> **What to work on**
In the records below, find the line holding "as PageDevice>⟧.seen d" and the line holding "as PageDevice>⟧.moment d". Set down both, with every line between them, exactly.

Material supplied section start

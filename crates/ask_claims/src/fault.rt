//! Why a text is no file of claims.

use lang_parser::ParseFault;
use lang_tokens::LexFault;
use std::alloc::AllocFailed;

/// The first fault of a file of claims; `at` counts the bytes of the text before a token (docs/FORMATS.md, "Claims").
#[derive(Clone, Copy, Debug, PartialEq, Eq)]
pub enum ClaimFault {
    /// The text has no tokens.
    Lex(LexFault),
    /// A token can't stand in its place; or an expression is refused, is no condition, or has a `nondet`.
    Parse(ParseFault),
    /// The name of a claim is no label of the program.
    UnknownLabel { at: u32 },
    /// The name of the 65th claim.
    Count { at: u32 },
    /// The condition of the claim whose name stands here may be false in more than 64 cases.
    Cases { at: u32 },
    /// There is no memory for the claims.
    NoMemory,
}

impl From<ParseFault> for ClaimFault {
    ghost use Rattle.std.specs.Prelude.{◌≡◌};
    ghost use Rattle.ask_claims.specs.Claims.{of_parse};

    ghost from_gives = { λ p e. e ≡ of_parse p };

    fn from(fault: ParseFault) -> Self {
        match fault {
            ParseFault::NoMemory => ClaimFault::NoMemory,
            fault => ClaimFault::Parse(fault),
        }
    }
}

impl<T: Drop> From<AllocFailed<T>> for ClaimFault {
    ghost use Rattle.std.specs.Prelude.{◌≡◌};
    ghost use Rattle.ask_claims.specs.declared.fault.ClaimFault.TheVariants.{NoMemory};

    ghost from_gives = { λ _ e. e ≡ NoMemory };

    fn from(_error: AllocFailed<T>) -> Self {
        ClaimFault::NoMemory
    }
}
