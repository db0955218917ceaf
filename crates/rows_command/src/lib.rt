// The command of the program `rows`: it reads a job, and prints its answer.

#![tactic(auto)]

use jobs::{MOST_INPUT, MOST_TEXT, answer};
use std::io;
use std::io::{Read, Write};

/// Reads at most 4,096 bytes of standard input and prints what `jobs::answer` makes of them: the
/// listing of the rows, a fault or a refusal. Of the bytes `04 00 02 00 03 00 02 00` it prints
/// `0 1`, `0 2`, `1 2` and `end`, a line each. An error is one of the system, or memory that ran
/// out; then a front of the text may have been printed.
pub fn run<R: Input + Print + AllocGlobal>(rt: &R) -> io::Result<()> {
    let mut input = Vec::new(rt.alloc());
    rt.reader().take(MOST_INPUT as u64).read_to_end(&mut input)?;
    let mut text = [0; MOST_TEXT];
    let count = answer(input.as_slice(), &mut text);
    io::writer(rt).write_all(&text[0..count])
}
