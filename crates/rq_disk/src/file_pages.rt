//! Pages in a file. What a read gives is believed, and noted: the device is honest where its notes agree.
ghost use Rattle.std.specs.Prelude.{◌≡◌, ◌≤◌, ◌*◌, ◌/◌, ℕ, [], IfOk, true, false};
ghost use Rattle.rq_disk.specs.Device.{Only};
ghost use Rattle.rq_disk.specs.FileCalls.{has_failed};
ghost use Rattle.rq_disk.specs.PageFile.{are_whole};

use crate::contents::FileContents;
use crate::device::{DeviceFailed, PAGE, PageDevice};
use crate::storage::{Fixed, NotedFile, Storage};
use std::fs::File;
use std::io;
use std::marker::PhantomData;

/// Pages in a file that held what `S` says when it was opened. There are as many as it had then: a read or a write past
/// the last one fails. After a write or a sync that failed every call fails, until the file is opened again.
#[derive(Drop)]
pub struct FilePages<S: FileContents, F: Storage = NotedFile> {
    file: F,
    // how many pages there are
    count: u32,
    // a write or a sync has failed
    broken: bool,
    failures: u64,
    held: PhantomData<S>,
    ghost stops: { broken ≡ has_failed (F.Storage.calls file) },
    ghost whole: { are_whole (F.Storage.calls file) ≡ true },
}

impl<S: FileContents, F: Storage> PageDevice for FilePages<S, F> {
    ghost use Rattle.std.specs.Prelude.{true, length};
    ghost use Rattle.rq_disk.specs.Device.{Leaves};
    ghost use Rattle.rq_disk.specs.PageFile.{images_now, page_may_be, PageErred, PagesAgree, PagesLeftSince, page_seen};
    ghost use Rattle.rq_disk.specs.Since.{since_counts_now, since_only_now};

    ghost seen = { λ d. images_now S.pages (F.calls d.file) };

    ghost honest = { λ d. PagesAgree S.pages (F.calls d.file) };

    ghost may_be = { λ d. page_may_be S.pages (F.calls d.file) };

    ghost stopped = { λ d. has_failed (F.calls d.file) ≡ true };

    ghost moment = { λ d. length (F.calls d.file) };

    ghost left_since = { λ d. PagesLeftSince S.pages (F.calls d.file) };

    ghost faults = { λ d. d.failures };

    ghost excuse = { λ call old new. PageErred old.count call (F.calls old.file) (F.calls new.file) };

    ghost seen_may_be = { λ d. page_seen S.pages (F.calls d.file) };

    ghost counts_now = { λ d. since_counts_now (λ calls. Leaves (page_may_be S.pages calls)) (F.calls d.file) };

    ghost only_now = { λ d. since_only_now (λ calls. Leaves (page_may_be S.pages calls)) (F.calls d.file) };

    fn failures(&self) -> u64 {
        self.failures
    }

    fn read(&mut self, page: u32, into: &mut [u8; PAGE]) -> Result<(), DeviceFailed> {
        if self.broken || page >= self.count {
            self.failures = self.failures.wrapping_add(1);
            return Err(DeviceFailed);
        }
        if self.file.fill(into, place_of(page)).is_err() {
            self.failures = self.failures.wrapping_add(1);
            return Err(DeviceFailed);
        }
        Ok(())
    }

    fn write(&mut self, page: u32, image: &[u8; PAGE]) -> Result<(), DeviceFailed> {
        if self.broken || page >= self.count {
            self.failures = self.failures.wrapping_add(1);
            return Err(DeviceFailed);
        }
        if self.file.put(image, place_of(page)).is_err() {
            self.broken = true;
            self.failures = self.failures.wrapping_add(1);
            return Err(DeviceFailed);
        }
        Ok(())
    }

    fn sync(&mut self) -> Result<(), DeviceFailed> {
        if self.broken {
            self.failures = self.failures.wrapping_add(1);
            return Err(DeviceFailed);
        }
        if self.file.sync().is_err() {
            self.broken = true;
            self.failures = self.failures.wrapping_add(1);
            return Err(DeviceFailed);
        }
        Ok(())
    }
}

// Where a page begins in the file.
fn place_of(page: u32) -> u64
    ensures { result ≡ page * 4096 }
{
    u64::from(page) * PAGE as u64
}

impl<S: FileContents, F: Storage> FilePages<S, F> {
    ghost use Rattle.rq_disk.specs.Stored.{file_page_count};

    /// The first `count` pages of a file of which nothing was asked so far, and which held what `S` says.
    pub fn new(file: F, count: u32) -> FilePages<S, F>
        requires unasked { F.calls file ≡ [] }
        requires within { count * 4096 ≤ F.opened file }
        ensures seen { ⟦<FilePages<S, F> as PageDevice>⟧.seen result ≡ S.pages }
        ensures durable { (p : ℕ) → Only (S.pages p) (⟦<FilePages<S, F> as PageDevice>⟧.may_be result p) }
        ensures honest { ⟦<FilePages<S, F> as PageDevice>⟧.honest result }
        ensures runs { ⟦<FilePages<S, F> as PageDevice>⟧.stopped result → ⊥ }
        ensures moment { ⟦<FilePages<S, F> as PageDevice>⟧.moment result ≡ 0 }
        ensures failures { ⟦<FilePages<S, F> as PageDevice>⟧.faults result ≡ 0 }
        ensures count { file_page_count result ≡ count }
        ensures opened { F.opened result.file ≡ F.opened file }
    {
        FilePages {
            file,
            count,
            broken: false,
            failures: 0,
            held: PhantomData,
        }
    }
}

impl<S: FileContents> FilePages<S> {
    ghost use Rattle.std.specs.Prelude.{◌-◌, ◌^◌, min};
    ghost use Rattle.rq_disk.specs.Stored.{file_page_count, opened_len};

    /// The pages in a file, which is locked and synced first. Bytes behind the last whole page are left out.
    ///
    /// # Errors
    /// `WouldBlock` where another opening has the file; those of the system.
    pub fn open(file: File) -> io::Result<FilePages<S>>
        ensures seen { IfOk result (λ d. ⟦<FilePages<S> as PageDevice>⟧.seen d ≡ S.pages) }
        ensures durable { IfOk result (λ d. (p : ℕ) → Only (S.pages p) (⟦<FilePages<S> as PageDevice>⟧.may_be d p)) }
        ensures honest { IfOk result (λ d. ⟦<FilePages<S> as PageDevice>⟧.honest d) }
        ensures runs { IfOk result (λ d. ⟦<FilePages<S> as PageDevice>⟧.stopped d → ⊥) }
        ensures moment { IfOk result (λ d. ⟦<FilePages<S> as PageDevice>⟧.moment d ≡ 0) }
        ensures failures { IfOk result (λ d. ⟦<FilePages<S> as PageDevice>⟧.faults d ≡ 0) }
        ensures count { IfOk result (λ d. file_page_count d ≡ min (opened_len d.file / 4096) (2 ^ 32 - 1)) }
    {
        let (file, len) = NotedFile::open(file, Fixed)?;
        let count = std::cmp::min(len / PAGE as u64, u64::from(u32::MAX)) as u32;
        Ok(FilePages::new(file, count))
    }
}
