//! Which image of each page outlives a crash.
ghost use Rattle.std.specs.Prelude.{◌≡◌, ◌==◌, ℕ, if◌then◌else◌};
ghost use Rattle.rq_disk.specs.Memory.{reaches};

/// Which image of each page outlives a crash.
#[derive(Drop)]
pub enum PageChoice {
    /// Of each page the image at the last sync.
    Synced,
    /// Of each page the newest image.
    Newest,
    /// Of each page, by number, the image at this place. Place 0 is the image at the last sync, and those written since
    /// follow in order. A place that is too large is the newest, and so is one that is missing.
    Places(Vec<u64>),
}

impl PageChoice {
    ghost use Rattle.rq_disk.specs.Choice.{place_of, place_after};

    // Whether the next image that was written of a page is at most at its place. Counts it.
    pub(crate) fn takes(&mut self, page: u32) -> bool
        ensures takes { result ≡ reaches (place_of self.old page) 0 }
        ensures left { (p : ℕ) → place_of self.new p ≡
            (if p == page then place_after (place_of self.old p) 1 else place_of self.old p) }
    {
        match self {
            PageChoice::Synced => false,
            PageChoice::Newest => true,
            PageChoice::Places(places) => match places.get_mut(page as usize) {
                Some(place) => {
                    if *place == 0 {
                        return false;
                    }
                    *place -= 1;
                    true
                }
                None => true,
            },
        }
    }
}
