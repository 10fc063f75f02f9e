//! The log: a list of records with a forced beginning, over a device.
#![tactic(auto)]

ghost use Rattle.std.specs.Prelude.{◌≡◌, ◌+◌, ◌-◌, ◌^◌, ◌⊎◌, ◌<◌, ◌≤◌, ◌∷◌, None, Some, OnOk, OnErr, IfOk, IfErr, IsErrOf, true, false, length};
ghost use Rattle.rq_model.specs.declared.record.Record.TheVariants.{Base, CompEnd, OpEnd, PageOp};
ghost use Rattle.rq_model.specs.Bases.{based, gone, is_base, standing};
ghost use Rattle.rq_disk.specs.Device.{Only, FailureIsCounted};
ghost use Rattle.rq_record.specs.Spelling.{IsInRange, spelling};
ghost use Rattle.rq_log.specs.Crash.{LeavesOnly};
ghost use Rattle.rq_log.specs.Logged.{IsAppended, IsLog, WasCut, WasDurable, WasLeftOrGoesOn};
ghost use Rattle.rq_log.specs.Spelled.{spelled, AreSpelled, HoldsTo, IsBeginning};

mod counting;
mod looking;
mod past;
mod reading;
mod stream;

pub use crate::counting::last_lsn;
use crate::past::Past;
pub use crate::reading::LogReader;
use rq_disk::LogDevice;
use rq_model::record::{DeedBytes, Record, Slot};
use rq_model::refusal::{NoMemory, Refusal};
use rq_model::txn::{Lsn, Txn};
use rq_record::{
    COMP_END_BYTES, OP_END_BYTES, PAGE_OP_BYTES, base_bytes, encode, put_comp_end, put_op_end,
    put_page_op, shows_fits, shows_size, spelled_len,
};
use std::alloc::Global;
use std::marker::Model;
use std::snapshot::Snapshot;

// The bytes of a Base.
const BASE_BYTES: u64 = 21;

/// The log: what its device holds, and records that are not handed over yet.
#[derive(Drop)]
pub struct Log<L: LogDevice> {
    device: L,
    // the device as it was when its records were read, or when they were last forced
    settled: Snapshot<L>,
    past: Past,
    buffer: Vec<u8>,
    reserved: usize,
    last: Lsn,
    // how many bytes its records take, where a number of 64 bits counts them
    size: u64,
    // where those on the device end, if a proper beginning of a record stands behind them
    torn_at: Option<u64>,
    forced: Lsn,
    failed: bool,
    // the incarnation of the Base by which a replacement that failed may have replaced all
    replacing: Option<u64>,
}

impl<L: LogDevice> Model for Log<L> {
    ghost use Rattle.std.specs.Prelude.{length, vec_capacity};
    ghost use Rattle.rq_log.specs.Logged.{Logged, Keeps};

    ghost Value = { Logged L };

    ghost view = { λ l. record {
      records = l.past;
      forced = l.forced;
      pending = length l.buffer.items;
      reserved = l.reserved;
      torn_at = l.torn_at;
      failed = l.failed;
      replacing = l.replacing;
      device = l.device;
      settled = l.settled.value;
    } };

    ghost invariant = { λ l. Keeps L.LogDevice (record {
      records = l.past;
      forced = l.forced;
      pending = length l.buffer.items;
      reserved = l.reserved;
      torn_at = l.torn_at;
      failed = l.failed;
      replacing = l.replacing;
      device = l.device;
      settled = l.settled.value;
    }) l.last l.size l.buffer.items (vec_capacity l.buffer) };
}

/// A log that could not be read: why, and its device.
#[derive(Drop)]
pub struct RefusedLog<L> {
    pub refusal: Refusal,
    pub device: L,
}

impl<L: LogDevice + Drop> Log<L> {
    ghost use Rattle.std.specs.Prelude.{false};
    ghost use Rattle.rq_log.specs.Reading.{IsRead};

    // The log with these records, all that an honest device holds. None of them counts as forced.
    pub(crate) fn of_records(
        alloc: Global,
        device: L,
        settled: Snapshot<L>,
        past: Past,
        last: Lsn,
        size: u64,
        torn_at: Option<u64>,
    ) -> Log<L>
        requires spelled { AreSpelled past }
        requires count { last ≡ length past }
        requires size { size ≡ length (spelled past) }
        requires read { IsRead L.LogDevice settled.value device }
        requires holds { L.honest device → HoldsTo torn_at (standing past) (L.seen settled.value) }
        ensures { result ≡ record {
          records = past;
          forced = 0;
          pending = 0;
          reserved = 0;
          torn_at = torn_at;
          failed = false;
          replacing = None;
          device = device;
          settled = settled.value;
        } }
    {
        Log {
            device,
            settled,
            past,
            buffer: Vec::new(alloc),
            reserved: 0,
            last,
            size,
            torn_at,
            forced: 0,
            failed: false,
            replacing: None,
        }
    }

    /// The device, as it is. Buffered records are gone.
    pub fn give_back(self) -> L
        ensures { result ≡ self.device }
    {
        let Log {
            device,
            settled: _,
            past: _,
            buffer: _,
            reserved: _,
            last: _,
            size: _,
            torn_at: _,
            forced: _,
            failed: _,
            replacing: _,
        } = self;
        device
    }
}
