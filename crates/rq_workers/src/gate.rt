//! Where a worker asks whether to go on.
ghost use Rattle.std.specs.Prelude.{◌≡◌, ℕ, Bool, List, ◌∷◌};

/// Before a force.
pub const BEFORE_FORCE: u32 = 1;

/// Before a page is written.
pub const BEFORE_WRITE: u32 = 2;

/// Between two steps of an operation.
pub const BETWEEN_STEPS: u32 = 3;

/// Before a call that was refused is tried again.
pub const BEFORE_AGAIN: u32 = 4;

/// Before a checkpoint.
pub const BEFORE_CHECKPOINT: u32 = 5;

/// What a worker asks at each point. A gate may wait, and hold the worker up for as long as it likes.
pub trait Gate {
    /// Its answers so far, each with the point at which it was asked, the newest first.
    ghost answers: { Self → List (ℕ × Bool) };

    /// Whether to go on. False ends the worker's loop; an operation under way is finished first.
    fn pass(&mut self, point: u32) -> bool
        ensures { answers self.new ≡ (point, result) ∷ answers self.old };
}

Material supplied section end

> **Task response**
        ensures seen { IfOk result (λ d. ⟦<FilePages<S> as PageDevice>⟧.seen d ≡ S.pages) }
        ensures durable { IfOk result (λ d. (p : ℕ) → Only (S.pages p) (⟦<FilePages<S> as PageDevice>⟧.may_be d p)) }
        ensures honest { IfOk result (λ d. ⟦<FilePages<S> as PageDevice>⟧.honest d) }
        ensures runs { IfOk result (λ d. ⟦<FilePages<S> as PageDevice>⟧.stopped d → ⊥) }
        ensures moment { IfOk result (λ d. ⟦<FilePages<S> as PageDevice>⟧.moment d ≡ 0) }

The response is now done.